Том 3. Собор Парижской Богоматери

22
18
20
22
24
26
28
30

Его слова действительно произвели сильное впечатление на Феба, но отнюдь не то, какого ожидал глухой. Вспомним, что наш галантный офицер удалился вместе с Флер-де-Лис за несколько минут до того, как Квазимодо вырвал приговоренную из рук Шармолю. С тех пор он, посещая дом Гонделорье, остерегался заговаривать об этой женщине, воспоминание о которой все же тяготило его; а Флер-де-Лис считала недипломатичным сообщать ему, что цыганка жива. И Феб был уверен, что несчастная «Симиляр» мертва и что со дня ее смерти уже прошел месяц, а может быть и два. Добавим, что капитан подумал в эту минуту о глубоком ночном мраке, о сверхъестественном уродстве и замогильном голосе необыкновенного посланца, о том, что уже далеко за полночь, что улица пустынна, как и в тот вечер, когда с ним заговорил монах-привидение. Да и конь его храпел, косясь на Квазимодо.

— Цыганка! — воскликнул он в испуге. — Значит, ты послан с того света?

И он схватился за эфес шпаги.

— Скорее, скорее! — говорил глухой, стараясь увлечь его коня. — Вот сюда!

Феб ударил его сапогом в грудь.

Глаз Квазимодо засверкал. Звонарь едва не бросился на капитана. Затем, сдержав себя, проговорил:

— Ваше счастье, что кто-то вас любит!

Он сделал ударение на «кто-то». Отпустив уздечку, он крикнул:

— Ступайте прочь!

Феб, ругаясь, пришпорил коня. Квазимодо глядел ему вслед, пока тот не пропал в ночном мраке.

— Отказаться от этого! О! — прошептал бедный глухой.

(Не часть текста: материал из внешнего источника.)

// A run over devices in memory, and what must come of it.
use base_bytes::NoMemory;
use cyr_top::run;
use disk_kinds::{MemDisk, MemHost, MemSource, MemSpool};
use rand_pcg::Pcg32;
use std::alloc::{AllocError, Global};
use std::process::Abort;
use std::test::Fail;

// More than any run writes or tells, but for those at the limits.
pub(crate) const ROOM: u64 = 100_000;

// `cyr_dbtool f flat ACTION`, with `-n` before `f` where `make` says so, on a file or on none, and what must come of it.
#[derive(Clone, Copy)]
pub(crate) struct Case<'a> {
    pub(crate) make: bool,
    pub(crate) action: &'a str,
    pub(crate) before: Option<&'a [u8]>,
    pub(crate) status: u8,
    pub(crate) told: &'a [u8],
    pub(crate) warned: &'a str,
    pub(crate) after: Option<&'a [u8]>,
}

// The words of a line. One space parts two of them, so that a word between two spaces is empty.
pub(crate) fn words_of(alloc: Global, line: &str) -> Result<Vec<String>, AllocError> {
    let mut words = Vec::new(alloc);
    for word in line.split(' ') {
        words.push(String::from_str(alloc, word)?)?;
    }
    Ok(words)
}

// The words of an action on the file `f`.
pub(crate) fn action_words(
    alloc: Global,
    make: bool,
    action: &str,
) -> Result<Vec<String>, AllocError> {
    let flag = if make { "-n " } else { "" };
    let line = format!(in alloc; "cyr_dbtool {flag}f flat {action}")?;
    words_of(alloc, line.as_str())
}

// A host with this file. The calls of its disk and the tells with these numbers fail.
pub(crate) fn host_of(
    alloc: Global,
    main: Option<&[u8]>,
    calls: &[u64],
    tells: &[u64],
) -> Result<MemHost, Fail> {
    if main.is_some_and(|bytes| bytes.len() as u64 > ROOM) {
        return Err("the file is too long for the test".into());
    }
    let disk = MemDisk::new(alloc, main, ROOM, calls)?;
    Ok(MemHost::new(alloc, disk, ROOM, tells)?)
}

// The status of a run beside a folder without files.
pub(crate) fn status_of(
    alloc: Global,
    words: &[String],
    host: &mut MemHost,
) -> Result<u8, NoMemory> {
    let mut second = MemDisk::new(alloc, None, 0, &[])?;
    let mut spool = MemSpool::new(alloc)?;
    let mut input = MemSource::new(alloc, b"", 1, &[])?;
    let mut rng = Pcg32::new(42, 54);
    Ok(
        run(
            alloc,
            words,
            host,
            &mut second,
            &mut spool,
            &mut input,
            0,
            &mut rng,
        )
        .status,
    )
}

// What the host was told, and what its file then reads.
pub(crate) fn assert_ended(rt: &impl Abort, host: &MemHost, case: &Case) {
    assert_eq!(rt;
        host.told(),
        case.told,
        "told: {:?} on {:?}",
        case.action,
        case.before
    );
    assert_eq!(rt;
        host.warned(),
        case.warned.as_bytes(),
        "warned: {:?} on {:?}",
        case.action,
        case.before
    );
    assert_eq!(rt;
        host.disk().main(),
        case.after,
        "left: {:?} on {:?}",
        case.action,
        case.before
    );
}

// The run of a case, in which the calls of the disk and the tells with these numbers fail.
pub(crate) fn assert_case(
    rt: &impl Abort,
    alloc: Global,
    case: &Case,
    calls: &[u64],
    tells: &[u64],
) -> Result<(), Fail> {
    let words = action_words(alloc, case.make, case.action)?;
    let mut host = host_of(alloc, case.before, calls, tells)?;
    let status = status_of(alloc, &words, &mut host)?;
    assert_eq!(rt;
        status,
        case.status,
        "{:?} on {:?}, where {calls:?} and {tells:?} fail",
        case.action, case.before
    );
    assert_ended(rt, &host, case);
    Ok(())
}

// The same case with a file that is there ends alike with the flag `-n` and without it.
pub(crate) fn assert_both(rt: &impl Abort, alloc: Global, case: &Case) -> Result<(), Fail> {
    for make in [false, true] {
        assert_case(rt, alloc, &Case { make, ..*case }, &[], &[])?;
    }
    Ok(())
}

Он возвратился в собор, зажег лампу и поднялся на башню Как он и предполагал, цыганка стояла на том же месте.

Завидев его издали, она побежала ему навстречу.

— Один! — воскликнула она, горестно всплеснув руками.

— Я не мог его найти, — холодно сказал Квазимодо.

— Надо было ждать всю ночь! — запальчиво крикнула она.

В ее гневном движении Квазимодо прочел упрек.

— В другой раз я постараюсь не пропустить его, — проговорил он, понурив голову.

— Уйди! — сказала она.

Он ушел. Она была им недовольна. Но он предпочел покорно снести ее дурное обращение, лишь бы не огорчить ее. Всю скорбь он оставил на свою долю.